И тогда Иван вышел на улицу сам. Едва сделав первый шаг по мостовой, он чуть не упал. Поскользнулся на чем-то, неприятно захрустевшем под ногой. Оказалось, что он наступил на большую виноградную улитку — тысячи этих существ, непонятно где прятавшихся в сухую погоду, теперь после дождя выползли, наверное, все до одной — дорога вздулась круглыми серовато-коричневыми пупырышками, совсем маленькими, средними и большими — такими, как тот, который он только что раздавил. Медленно шаркая вниз по дорожке — очень не хотелось снова услышать этот хруст, — он смотрел по сторонам и видел улиток везде — они ползли по заборам, висели на почтовых ящиках, заползали на стекла домов. Маленькие и вездесущие, они всюду оставляли за собой липкий блестящий след. Уже на подходе к центральной площади его слегка замутило — то ли от вида улиток, то ли с вчерашнего перепоя, то ли от тех смутных, пугающих мыслей, что начали приходить в голову по мере приближения к центру города, мыслей, таких же противных и скользких, как эти осторожно шевелящие рожками существа.

Иван стоял посреди площади и вертел головой, не зная, в какую сторону пойти, чтобы вернее их встретить. В результате он побрел ко дворцу — обнадежила простая мысль, которая не сразу пришла в голову из-за своей очевидности.
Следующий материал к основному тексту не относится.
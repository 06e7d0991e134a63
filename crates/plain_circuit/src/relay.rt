//! What the one-thread relay does with an event after a history.

ghost use Rattle.std.specs.Prelude.{◌≡◌, IfOk};
ghost use Rattle.circuit_model.specs.Effects.{message_effects, passed_on, forward_effects, open_effects};
ghost use Rattle.circuit_model.specs.Words.{entry_after, in_order, log, effects};
ghost use Rattle.plain_circuit.specs.Values.{log_of, rules_of, entry_of};

use crate::edge::{connected_effects, drained_effects, edge_data_effects, ended_effects};
use crate::extending::{answered_effects, extend_effects, linked_effects, truncate_effects};
use crate::log::Entry;
use crate::next_hop::next_hop;
use crate::places::place_at;
use crate::received::{is_closed, message_of, read_cell};
use crate::rules::Rules;
use crate::streams::{
    begin_effects, data_effects, end_effects, ending, resolve_effects, sendme_effects,
};
use cell_codec::destroy_reason;
use circuit_model::{CircuitCell, Effects, Event, Message, NextHop, Received};
use relay_cell::{command, stream_end};
use std::alloc::{AllocError, Global};

/// A relay message for this relay, by its relay command.
#[tactic(auto, unfolding(circuit_model::specs::Effects::message_effects))]
fn message_effects(
    alloc: Global,
    rules: &Rules,
    log: &[Entry<'_>],
    message: &Message,
) -> Result<Effects, AllocError>
    ensures { IfOk result (λ effects. effects ≡ message_effects (rules_of rules.now) (log_of log.now) message.now) }
{
    match message.command {
        command::BEGIN => begin_effects(alloc, rules, log, message),
        command::DATA => data_effects(alloc, log, message),
        command::END => Ok(end_effects(message)),
        command::SENDME => sendme_effects(alloc, rules, log, message),
        command::TRUNCATE => truncate_effects(alloc, log),
        command::RESOLVE => resolve_effects(alloc, rules, log, message),
        command::BEGIN_DIR => ending(alloc, log, message.stream, stream_end::NOT_DIRECTORY),
        command::EXTEND2 => Ok(extend_effects(log, message)),
        _ => Ok(Effects::none()),
    }
}

/// A body for another hop goes on with the command of its cell, if there is a next hop.
fn passed_on(hop: NextHop, cell: CircuitCell) -> Effects
    ensures { result ≡ passed_on hop cell }
{
    match hop {
        NextHop::There => Effects {
            forth: Some(cell),
            ..Effects::none()
        },
        _ => Effects::closing(destroy_reason::PROTOCOL),
    }
}

/// A relay cell from the client's side.
fn forward_effects(
    alloc: Global,
    rules: &Rules,
    log: &[Entry<'_>],
    command: u8,
    cell: &Received,
) -> Result<Effects, AllocError>
    ensures { IfOk result (λ effects. effects ≡ forward_effects (rules_of rules.now) (log_of log.now) command cell.now) }
{
    match cell {
        Received::TooManyEarly => Ok(Effects::closing(destroy_reason::PROTOCOL)),
        Received::Unrecognised(plain) => Ok(passed_on(
            next_hop(log),
            CircuitCell {
                command,
                body: *plain,
            },
        )),
        Received::TooLong => Ok(Effects::closing(destroy_reason::PROTOCOL)),
        Received::ForUs(message) => message_effects(alloc, rules, log, message),
    }
}

/// An event in a circuit that has not closed.
#[tactic(auto, unfolding(circuit_model::specs::Effects::open_effects))]
fn open_effects(
    alloc: Global,
    rules: &Rules,
    log: &[Entry<'_>],
    event: &Event,
) -> Result<Effects, AllocError>
    ensures { IfOk result (λ effects. effects ≡ open_effects (rules_of rules.now) (log_of log.now) event.now) }
{
    match event {
        Event::Born(_, _, _) => Ok(Effects::none()),
        Event::Forward(command, body) => {
            let cell = read_cell(alloc, log, *command, body)?;
            forward_effects(alloc, rules, log, *command, &cell)
        }
        Event::Backward(body) => Ok(Effects {
            back: Some(*body),
            ..Effects::none()
        }),
        Event::Connected(serial) => {
            let place = place_at(alloc, log, *serial)?;
            connected_effects(alloc, log, place)
        }
        Event::Data(serial, bytes) => {
            let place = place_at(alloc, log, *serial)?;
            edge_data_effects(alloc, log, bytes, place)
        }
        Event::Ended(serial, reason) => {
            let place = place_at(alloc, log, *serial)?;
            ended_effects(alloc, log, *reason, place)
        }
        Event::Drained(serial) => {
            let place = place_at(alloc, log, *serial)?;
            drained_effects(alloc, log, place)
        }
        Event::Freed(_) => Ok(Effects::none()),
        Event::Linked => Ok(linked_effects(log)),
        Event::Answered(payload) => answered_effects(alloc, log, payload),
        Event::Failed => Ok(Effects::closing(destroy_reason::CONNECT_FAILED)),
    }
}

/// The entry of an event behind a log. After it closed, a circuit reads and gives nothing.
#[tactic(auto, unfolding(circuit_model::specs::Effects::open_effects))]
fn entry_after<'a>(
    alloc: Global,
    rules: &Rules,
    log: &[Entry<'_>],
    event: &'a Event,
) -> Result<Entry<'a>, AllocError>
    ensures { IfOk result (λ entry. entry_of entry ≡ entry_after (rules_of rules.now) (log_of log.now) event.now) }
{
    if is_closed(log) {
        return Ok(Entry {
            event,
            message: None,
            effects: Effects::none(),
        });
    }
    let Event::Forward(command, body) = event else {
        let effects = open_effects(alloc, rules, log, event)?;
        return Ok(Entry {
            event,
            message: None,
            effects,
        });
    };
    let cell = read_cell(alloc, log, *command, body)?;
    let effects = forward_effects(alloc, rules, log, *command, &cell)?;
    Ok(Entry {
        event,
        message: message_of(cell),
        effects,
    })
}

/// The log of a history, whose oldest event stands first.
#[tactic(auto, using(crate::proofs::Logs::log_of_pushed, crate::proofs::Logs::in_order_more))]
pub fn log_of<'a>(
    alloc: Global,
    rules: &Rules,
    history: &'a [Event],
) -> Result<Vec<Entry<'a>>, AllocError>
    ensures { IfOk result (λ entries. log_of entries.items ≡ log (rules_of rules.now) (in_order history.now)) }
{
    let mut log = Vec::new(alloc);
    for event in history {
        let entry = entry_after(alloc, rules, &log, event)?;
        log.push(entry)?;
    }
    Ok(log)
}

/// What the one-thread relay does with an event after a history, whose oldest event stands first.
/// It can only want memory.
pub fn effects(
    alloc: Global,
    rules: &Rules,
    history: &[Event],
    event: &Event,
) -> Result<Effects, AllocError>
    ensures { IfOk result (λ answer. answer ≡ effects (rules_of rules.now) (in_order history.now) event.now) }
{
    let log = log_of(alloc, rules, history)?;
    let entry = entry_after(alloc, rules, &log, event)?;
    Ok(entry.effects)
}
«Варька же, наверное, на работе!»

Ему казалось, что он идет не торопясь, просто гуляет. До тех пор, пока не заметил пару удивленных взглядов, которыми провожали его редкие прохожие, — он несся мимо них так быстро, что, кажется, обдавал ветром. Слишком быстро — так быстро в этом городе никто не ходил. Но ему было наплевать. Вот оно, окно, за которым он ее увидит.

Он наклонился, непроизвольно улыбаясь, чем удивил Евгения Евгеньевича, одиноко скребущего острой палочкой какой-то старинный предмет, лежащий перед ним на столе. Тот тоже рассеянно улыбнулся и, наверное, хотел помахать длиннопалой рукой, но не успел — Иван отскочил от окна как укушенный, сразу поняв, что ее там нет и не было.